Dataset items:
↓↓↓

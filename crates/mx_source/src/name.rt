//! Names of labels.
ghost use Rattle.std.specs.Prelude.{◌≡◌, IfOk};
ghost use Rattle.std.proofs.Common.{ap};
ghost use Rattle.std.specs.Cmp.Lexicographic.{bytes_decides, nat_list_eq_equiv};
ghost use Rattle.std.specs.Str.{bytes_eq};
ghost use Rattle.std.specs.Hash as fed;
ghost use Rattle.mx_source.specs.Names.{name_bytes};

use indexmap::Equivalent;
use mx_io::Memory;
use smallvec::SmallVec;
use std::alloc::Global;

/// How long a name may be to lie in the table of labels itself. A longer one has a block of memory.
const SHORT_NAME_BYTES: usize = 16;

/// The name of a label.
#[derive(Debug, PartialEq, Eq, Hash, Drop)]
pub struct Name {
    bytes: SmallVec<u8, SHORT_NAME_BYTES>,
}

impl Name {
    /// The name of exactly these bytes.
    ///
    /// # Errors
    ///
    /// `Memory` where there is no room for them.
    pub fn new(alloc: Global, bytes: &[u8]) -> Result<Name, Memory>
        ensures { IfOk result (λ name. name_bytes name ≡ bytes.now) }
    {
        match SmallVec::from_slice(alloc, bytes) {
            Ok(bytes) => Ok(Name { bytes }),
            Err(_) => Err(Memory),
        }
    }

    /// Its bytes.
    pub fn bytes(&self) -> &[u8]
        ensures { result.now ≡ name_bytes self.now }
    {
        self.bytes.as_slice()
    }
}

/// A name is looked up by its bytes.
impl Equivalent<Name> for &[u8] {
    ghost equivalent = { λ q k. bytes_eq q.now (name_bytes k) };

    ghost respects_hash = { λ q k h. ap (fed.slice fed.u8) ((bytes_decides q.now (name_bytes k)).0 h) };

    ghost respects_eq = { λ q x y. nat_list_eq_equiv.congr q.now (name_bytes x) (name_bytes y) };

    fn equivalent(&self, key: &Name) -> bool {
        *self == key.bytes()
    }
}
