//! Runs under an observer.
ghost use Rattle.std.specs.Prelude.{◌≡◌, ◌≤◌, ◌<◌, ◌+◌, ◌-◌, ◌^◌, List, ℕ, Bool, true, false, OnOk, IfOk, suc, min};
ghost use Rattle.std.specs.List.Sorted.{IsStrictlyIncreasing};
ghost use Rattle.mx_turn.specs.Program.{Program, state_after};
ghost use Rattle.mx_turn.specs.Run.{bits};
ghost use Rattle.mx_report.specs.Cursor.{IsAt};

use crate::cursor::Cursor;
use mx_board::Requests;
use mx_turn::{Cycled, Machine};
use std::alloc::AllocError;

/// Who looks at the cycles of a run: it has each of them done, and notes what it wants to know of it.
pub trait Observer<M: Machine> {
    ghost use Rattle.std.specs.Prelude.{◌≡◌, ◌≤◌, ◌<◌, ◌+◌, ◌^◌, ℕ, suc, Bool, false, List, [], ◌∷◌, ◌++◌, OnOk, IfOk};
    ghost use Rattle.mx_turn.specs.Program.{Program, state_after, answer_after, quiet};
    ghost use Rattle.mx_turn.specs.Run.{is_requested, bits};

    /// What it notes.
    type Notes;

    /// The notes are those of the first so many cycles of a program's run with these requests.
    ghost saw: { Self → Self.Notes → Program → List ℕ → ℕ → Type 0 };

    /// The notes take no more room than so many cycles bring.
    ghost fits: { Self → Self.Notes → ℕ → Type 0 };

    /// It has seen what it looks for.
    ghost enough: { Self → Self.Notes → Bool };

    /// Whether it has seen what it looks for, so that the run ends.
    fn has_enough(&self, notes: &Self::Notes) -> bool
        ensures { result ≡ enough self.now notes.now };

    /// One cycle of the machine, the first of a run being 0, in which a request arrives or not: it is done and noted.
    fn cycle(
        &self,
        notes: &mut Self::Notes,
        machine: &mut M,
        cycle: u32,
        request: bool,
    ) -> Result<Cycled, AllocError>
        requires counted { M.cycles machine.old ≤ cycle }
        requires last { cycle + 1 < 2 ^ 32 }
        requires fits { fits self.now notes.old cycle }
        requires more { enough self.now notes.old ≡ false }
        ensures answer { IfOk result (λ cycled. (p : Program) (h : List Bool) → M.stands machine.old p h → cycled ≡ answer_after p h request) }
        ensures next { OnOk result ((p : Program) (h : List Bool) → M.stands machine.old p h → M.stands machine.new p (h ++ request ∷ [])) }
        ensures cycles { OnOk result (M.cycles machine.new ≤ M.cycles machine.old + 1) }
        ensures fits { OnOk result (fits self.now notes.new (suc cycle)) }
        ensures saw { OnOk result ((p : Program) (requests : List ℕ) → request ≡ is_requested requests cycle
            → M.stands machine.old p (bits requests cycle) → (state_after p (bits requests cycle)).halted ≡ false
            → saw self.now notes.old p requests cycle → saw self.now notes.new p requests (suc cycle)) };

    /// As many cycles without a request as the machine does at once, at most `most`, where it wants to see none of them. It
    /// answers how many they are: 0 is always right.
    fn advance(
        &self,
        notes: &mut Self::Notes,
        machine: &mut M,
        cycle: u32,
        most: u32,
    ) -> Result<u32, AllocError>
        requires counted { M.cycles machine.old ≤ cycle }
        requires last { cycle + most < 2 ^ 32 }
        requires fits { fits self.now notes.old cycle }
        requires more { enough self.now notes.old ≡ false }
        ensures most { IfOk result (λ n. n ≤ most) }
        ensures next { IfOk result (λ n. (p : Program) (h : List Bool) → M.stands machine.old p h → M.stands machine.new p (quiet h n)) }
        ensures going { IfOk result (λ n. (p : Program) (h : List Bool) → M.stands machine.old p h
            → (state_after p h).halted ≡ false → (state_after p (quiet h n)).halted ≡ false) }
        ensures cycles { IfOk result (λ n. M.cycles machine.new ≤ M.cycles machine.old + n) }
        ensures more { OnOk result (enough self.now notes.new ≡ false) }
        ensures fits { IfOk result (λ n. fits self.now notes.new (n + cycle)) }
        ensures saw { IfOk result (λ n. (p : Program) (requests : List ℕ) → bits requests (n + cycle) ≡ quiet (bits requests cycle) n
            → M.stands machine.old p (bits requests cycle) → (state_after p (bits requests cycle)).halted ≡ false
            → saw self.now notes.old p requests cycle → saw self.now notes.new p requests (n + cycle)) }
    {
        Ok(0)
    }
}

/// Where a run ended: after how many cycles, and whether the machine has halted.
#[derive(Clone, Copy, Debug, PartialEq, Eq)]
pub struct Reached {
    pub cycles: u32,
    pub halted: bool,
}

// How many cycles come before the next request, where one more is left of the run.
fn cycles_until(cursor: &Cursor, cycle: u32, to: u32) -> u32
    requires { cycle < to }
    ensures { result ≡ min cursor.now.next (to - 1) - cycle }
{
    let until = cursor.next.min(u64::from(to - 1));
    until.saturating_sub(u64::from(cycle)) as u32
}

// Goes on at once as far as no request comes, with one cycle of the run left. Answers the cycle that comes next.
fn run_ahead<M: Machine, O: Observer<M>>(
    machine: &mut M,
    cursor: &Cursor,
    list: &[u32],
    cycle: u32,
    to: u32,
    observer: &O,
    notes: &mut O::Notes,
) -> Result<u32, AllocError>
    requires budget { cycle < to }
    requires cycles { M.cycles machine.old ≤ cycle }
    requires ascending { IsStrictlyIncreasing list.now }
    requires before { IsAt list.now cursor.now cycle }
    requires fits { O.fits observer.now notes.old cycle }
    requires more { O.enough observer.now notes.old ≡ false }
    ensures onward { IfOk result (λ next. cycle ≤ next) }
    ensures budget { IfOk result (λ next. next < to) }
    ensures cycles { IfOk result (λ next. M.cycles machine.new ≤ next) }
    ensures after { IfOk result (λ next. IsAt list.now cursor.now next) }
    ensures stands { IfOk result (λ next. (p : Program) → M.stands machine.old p (bits list.now cycle) → M.stands machine.new p (bits list.now next)) }
    ensures going { IfOk result (λ next. (p : Program) → M.stands machine.old p (bits list.now cycle)
        → (state_after p (bits list.now cycle)).halted ≡ false → (state_after p (bits list.now next)).halted ≡ false) }
    ensures fits { IfOk result (λ next. O.fits observer.now notes.new next) }
    ensures more { OnOk result (O.enough observer.now notes.new ≡ false) }
    ensures saw { IfOk result (λ next. (p : Program) → M.stands machine.old p (bits list.now cycle)
        → (state_after p (bits list.now cycle)).halted ≡ false
        → O.saw observer.now notes.old p list.now cycle → O.saw observer.now notes.new p list.now next) }
{
    let quiet = cycles_until(cursor, cycle, to);
    let done = observer.advance(notes, machine, cycle, quiet)?;
    Ok(done + cycle)
}

// One cycle with its request. Answers whether the machine has halted.
fn run_cycle<M: Machine, O: Observer<M>>(
    machine: &mut M,
    cursor: &mut Cursor,
    list: &[u32],
    cycle: u32,
    observer: &O,
    notes: &mut O::Notes,
) -> Result<bool, AllocError>
    requires cycles { M.cycles machine.old ≤ cycle }
    requires last { cycle + 1 < 2 ^ 32 }
    requires ascending { IsStrictlyIncreasing list.now }
    requires before { IsAt list.now cursor.old cycle }
    requires fits { O.fits observer.now notes.old cycle }
    requires more { O.enough observer.now notes.old ≡ false }
    ensures after { OnOk result (IsAt list.now cursor.new (suc cycle)) }
    ensures halted { IfOk result
        (λ halted. (p : Program) → M.stands machine.old p (bits list.now cycle) → halted ≡ (state_after p (bits list.now (suc cycle))).halted) }
    ensures stands { OnOk result ((p : Program) → M.stands machine.old p (bits list.now cycle) → M.stands machine.new p (bits list.now (suc cycle))) }
    ensures cycles { OnOk result (M.cycles machine.new ≤ M.cycles machine.old + 1) }
    ensures fits { OnOk result (O.fits observer.now notes.new (suc cycle)) }
    ensures saw { OnOk result ((p : Program) → M.stands machine.old p (bits list.now cycle) → (state_after p (bits list.now cycle)).halted ≡ false
        → O.saw observer.now notes.old p list.now cycle → O.saw observer.now notes.new p list.now (suc cycle)) }
{
    let request = cursor.comes(list, cycle);
    let cycled = observer.cycle(notes, machine, cycle, request)?;
    Ok(cycled.halted)
}

/// Runs the cycles of a machine from one on, each with its request, until the machine halts, the observer has seen enough,
/// or so many cycles of all are done. The observer has not seen enough before.
pub fn observe<M: Machine, O: Observer<M>>(
    machine: &mut M,
    requests: &Requests,
    from: u32,
    to: u32,
    observer: &O,
    notes: &mut O::Notes,
) -> Result<Reached, AllocError>
    requires order { from ≤ to }
    requires cycles { M.cycles machine.old ≤ from }
    requires fits { O.fits observer.now notes.old from }
    requires more { O.enough observer.now notes.old ≡ false }
    ensures onward { IfOk result (λ r. from ≤ r.cycles) }
    ensures within { IfOk result (λ r. r.cycles ≤ to) }
    ensures cycles { IfOk result (λ r. M.cycles machine.new ≤ r.cycles) }
    ensures fits { IfOk result (λ r. O.fits observer.now notes.new r.cycles) }
    ensures whole { IfOk result (λ r. r.halted ≡ false → O.enough observer.now notes.new ≡ false → r.cycles ≡ to) }
    ensures halted { IfOk result (λ r. (p : Program) → M.stands machine.old p (bits requests.now from)
        → (state_after p (bits requests.now from)).halted ≡ false → r.halted ≡ (state_after p (bits requests.now r.cycles)).halted) }
    ensures going { IfOk result (λ r. (p : Program) → M.stands machine.old p (bits requests.now from)
        → (state_after p (bits requests.now from)).halted ≡ false
        → (n : ℕ) → n < r.cycles → (state_after p (bits requests.now n)).halted ≡ false) }
    ensures last { IfOk result (λ r. O.enough observer.now notes.new ≡ false → (p : Program) → M.stands machine.old p (bits requests.now from)
        → (state_after p (bits requests.now from)).halted ≡ false
        → state_after p (bits requests.now r.cycles) ≡ state_after p (bits requests.now to)) }
    ensures stands { IfOk result (λ r. (p : Program) → M.stands machine.old p (bits requests.now from)
        → (state_after p (bits requests.now from)).halted ≡ false → M.stands machine.new p (bits requests.now r.cycles)) }
    ensures saw { IfOk result (λ r. (p : Program) → M.stands machine.old p (bits requests.now from)
        → (state_after p (bits requests.now from)).halted ≡ false
        → O.saw observer.now notes.old p requests.now from → O.saw observer.now notes.new p requests.now r.cycles) }
{
    let list = requests.list();
    let mut cursor = Cursor::at(list, from);
    let mut cycle = from;
    while cycle < to {
        cycle = run_ahead(machine, &cursor, list, cycle, to, observer, notes)?;
        let halted = run_cycle(machine, &mut cursor, list, cycle, observer, notes)?;
        cycle += 1;
        if halted {
            return Ok(Reached {
                cycles: cycle,
                halted: true,
            });
        }
        if observer.has_enough(notes) {
            return Ok(Reached {
                cycles: cycle,
                halted: false,
            });
        }
    }
    Ok(Reached {
        cycles: to,
        halted: false,
    })
}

↑↑↑

Go through the entries above and report every line in which the word "wants" appears.

/// Who looks at the cycles of a run: it has each of them done, and notes what it wants to know of it.
    /// As many cycles without a request as the machine does at once, at most `most`, where it wants to see none of them. It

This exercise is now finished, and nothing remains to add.